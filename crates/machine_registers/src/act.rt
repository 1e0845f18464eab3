//! What an instruction comes to.

ghost use Rattle.std.specs.Prelude.{◌≡◌, IfOk, IsErr};
ghost use Rattle.machine_registers.specs.Acts.{polls_for, refusal_of};

use fdb_calls::{Request, SharedRequest};
use key_bytes::Bytes;
use model_machine::{Awaits, End, Wait};
use stack_items::StackFault;
use std::alloc::{AllocError, Global};

/// What an instruction, or the reply that it awaited, comes to.
#[derive(Debug, Drop)]
pub enum Act {
    /// The instruction is done.
    Does,
    /// It stops the machine.
    Stops(End),
    /// It asks a request, whose reply it awaits.
    Asks(SharedRequest, Awaits),
}

/// Returns what an instruction of this number that was refused comes to: it stops the machine, or polls for the
/// item that waits. Want of memory is no act.
pub fn refused(alloc: Global, number: u64, fault: StackFault) -> Result<Act, AllocError>
    ensures refused { IfOk result (λ act. act ≡ refusal_of fault number) }
    ensures memory { fault ≡ StackFault.NoMemory → IsErr result }
{
    match fault {
        StackFault::Underflow => Ok(Act::Stops(End::Underflow(number))),
        StackFault::Operand => Ok(Act::Stops(End::BadInstruction(number))),
        StackFault::Waits { life } => poll(alloc, life),
        StackFault::NoMemory => Err(AllocError),
    }
}

/// Polls whether no key begins with a prefix, after so many polls that were answered that it isn't so yet.
pub fn ask_empty(prefix: &Bytes, polled: u32) -> Result<Act, AllocError>
    ensures { IfOk result (λ act. act ≡ Act.Asks (Request.PollEmpty prefix.now) (Awaits.Empty prefix.now polled)) }
{
    let request = Request::PollEmpty {
        prefix: prefix.copy()?,
    };
    let asked = SharedRequest::new(prefix.allocator(), request)?;
    let prefix = prefix.copy()?;
    Ok(Act::Asks(asked, Awaits::Empty { prefix, polled }))
}

// The first poll for a life.
fn poll(alloc: Global, life: u64) -> Result<Act, AllocError>
    ensures { IfOk result (λ act. act ≡ polls_for life) }
{
    let wait = Wait { life, polled: 0 };
    let asked = SharedRequest::new(alloc, Request::PollStamp { life })?;
    Ok(Act::Asks(asked, Awaits::Stamp(wait)))
}
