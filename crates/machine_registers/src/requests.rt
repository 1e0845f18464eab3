//! Requests on the current transaction by the operands of an instruction.

ghost use Rattle.std.specs.Prelude.{◌≡◌, IfOk, IfErr};
ghost use Rattle.model_machine.specs.Calls.{request_of, awaits_of, on_error_request, range_request, key_request};
ghost use Rattle.stack_items.specs.Looks.{LooksUnlessFull};
ghost use Rattle.machine_registers.specs.Ranges.{range_operand, one_key_operand};

use fdb_calls::{Code, Request, SharedRequest, TxnCall};
use key_bytes::{Bytes, KeyRange};
use model_machine::{Awaits, TransactionOperation};
use stack_items::{Operands, StackFault};
use std::alloc::Global;

/// Returns the request that an operation makes on the transaction of a name, by the last version seen and its
/// operands.
pub fn request_of(
    operands: &mut Operands<'_>,
    alloc: Global,
    operation: TransactionOperation,
    name: Bytes,
    last_seen: i64,
) -> Result<SharedRequest, StackFault>
    ensures { LooksUnlessFull (λ request. request) result (request_of operation name last_seen) operands.old operands.new }
{
    match operation {
        TransactionOperation::NewTransaction => shared(alloc, Request::New { name }),
        TransactionOperation::OnError => on_error_request(operands, alloc, name),
        TransactionOperation::Reset => on(alloc, name, TxnCall::Reset),
        TransactionOperation::Cancel => on(alloc, name, TxnCall::Cancel),
        TransactionOperation::Commit => on(alloc, name, TxnCall::Commit),
        TransactionOperation::GetReadVersion => on(alloc, name, TxnCall::ReadVersion),
        TransactionOperation::SetReadVersion => {
            let version = last_seen;
            on(alloc, name, TxnCall::SetReadVersion { version })
        }
        TransactionOperation::GetCommittedVersion => on(alloc, name, TxnCall::CommittedVersion),
        TransactionOperation::ReadConflictRange => read_range_request(operands, alloc, name),
        TransactionOperation::WriteConflictRange => write_range_request(operands, alloc, name),
        TransactionOperation::ReadConflictKey => read_key_request(operands, alloc, name),
        TransactionOperation::WriteConflictKey => write_key_request(operands, alloc, name),
        TransactionOperation::DisableWriteConflict => on(alloc, name, TxnCall::NoWriteConflict),
        TransactionOperation::GetVersionstamp => on(alloc, name, TxnCall::Versionstamp),
    }
}

// A request in a block of its own.
fn shared(alloc: Global, request: Request) -> Result<SharedRequest, StackFault>
    ensures ok { IfOk result (λ shared. shared ≡ request) }
    ensures err { IfErr result (λ fault. fault ≡ StackFault.NoMemory) }
{
    Ok(SharedRequest::new(alloc, request)?)
}

// The request of a call on the transaction of a name.
fn on(alloc: Global, name: Bytes, call: TxnCall) -> Result<SharedRequest, StackFault>
    ensures ok { IfOk result (λ shared. shared ≡ Request.On name call) }
    ensures err { IfErr result (λ fault. fault ≡ StackFault.NoMemory) }
{
    shared(alloc, Request::On { name, call })
}

fn on_error_request(
    operands: &mut Operands<'_>,
    alloc: Global,
    name: Bytes,
) -> Result<SharedRequest, StackFault>
    ensures { LooksUnlessFull (λ request. request) result (on_error_request name) operands.old operands.new }
{
    let code = Code(operands.code()?);
    on(alloc, name, TxnCall::OnError { code })
}

fn read_range_request(
    operands: &mut Operands<'_>,
    alloc: Global,
    name: Bytes,
) -> Result<SharedRequest, StackFault>
    ensures { LooksUnlessFull (λ request. request) result (range_request name TxnCall.ReadConflict) operands.old operands.new }
{
    let range = range_operand(operands)?;
    on(alloc, name, TxnCall::ReadConflict { range })
}

fn write_range_request(
    operands: &mut Operands<'_>,
    alloc: Global,
    name: Bytes,
) -> Result<SharedRequest, StackFault>
    ensures { LooksUnlessFull (λ request. request) result (range_request name TxnCall.WriteConflict) operands.old operands.new }
{
    let range = range_operand(operands)?;
    on(alloc, name, TxnCall::WriteConflict { range })
}

fn read_key_request(
    operands: &mut Operands<'_>,
    alloc: Global,
    name: Bytes,
) -> Result<SharedRequest, StackFault>
    ensures { LooksUnlessFull (λ request. request) result (key_request name TxnCall.ReadConflict) operands.old operands.new }
{
    let range = one_key_operand(operands, alloc)?;
    on(alloc, name, TxnCall::ReadConflict { range })
}

fn write_key_request(
    operands: &mut Operands<'_>,
    alloc: Global,
    name: Bytes,
) -> Result<SharedRequest, StackFault>
    ensures { LooksUnlessFull (λ request. request) result (key_request name TxnCall.WriteConflict) operands.old operands.new }
{
    let range = one_key_operand(operands, alloc)?;
    on(alloc, name, TxnCall::WriteConflict { range })
}

/// Returns the two ends of a range.
pub fn range_operand(operands: &mut Operands<'_>) -> Result<KeyRange, StackFault>
    ensures { LooksUnlessFull (λ range. range) result range_operand operands.old operands.new }
{
    let begin = operands.copied_bytes()?;
    let end = operands.copied_bytes()?;
    Ok(KeyRange { begin, end })
}

// A key, as the range of it alone.
fn one_key_operand(operands: &mut Operands<'_>, alloc: Global) -> Result<KeyRange, StackFault>
    ensures { LooksUnlessFull (λ range. range) result one_key_operand operands.old operands.new }
{
    let key = operands.copied_bytes()?;
    Ok(KeyRange::single(alloc, &key)?)
}

/// Returns what the reply to an operation on the current transaction is used for.
pub fn awaits_of(operation: TransactionOperation) -> Awaits
    ensures { result ≡ awaits_of operation }
{
    match operation {
        TransactionOperation::NewTransaction => Awaits::NewTransaction,
        TransactionOperation::Reset
        | TransactionOperation::Cancel
        | TransactionOperation::SetReadVersion
        | TransactionOperation::DisableWriteConflict => Awaits::Nothing,
        TransactionOperation::OnError | TransactionOperation::Commit => Awaits::NotPresent,
        TransactionOperation::GetReadVersion => Awaits::ReadVersion,
        TransactionOperation::GetCommittedVersion => Awaits::CommittedVersion,
        TransactionOperation::ReadConflictRange | TransactionOperation::WriteConflictRange => {
            Awaits::ConflictRange
        }
        TransactionOperation::ReadConflictKey | TransactionOperation::WriteConflictKey => {
            Awaits::ConflictKey
        }
        TransactionOperation::GetVersionstamp => Awaits::Promise,
    }
}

+++

→ ASSIGNMENT:
Once you find the string "specs" in a line of the records, copy that line.

→ EXERCISE ANSWER:
ghost use Rattle.std.specs.Prelude.{◌≡◌, IfOk, IsErr};
ghost use Rattle.machine_registers.specs.Acts.{polls_for, refusal_of};
ghost use Rattle.std.specs.Prelude.{◌≡◌, IfOk, IfErr};
ghost use Rattle.model_machine.specs.Calls.{request_of, awaits_of, on_error_request, range_request, key_request};
ghost use Rattle.stack_items.specs.Looks.{LooksUnlessFull};
ghost use Rattle.machine_registers.specs.Ranges.{range_operand, one_key_operand};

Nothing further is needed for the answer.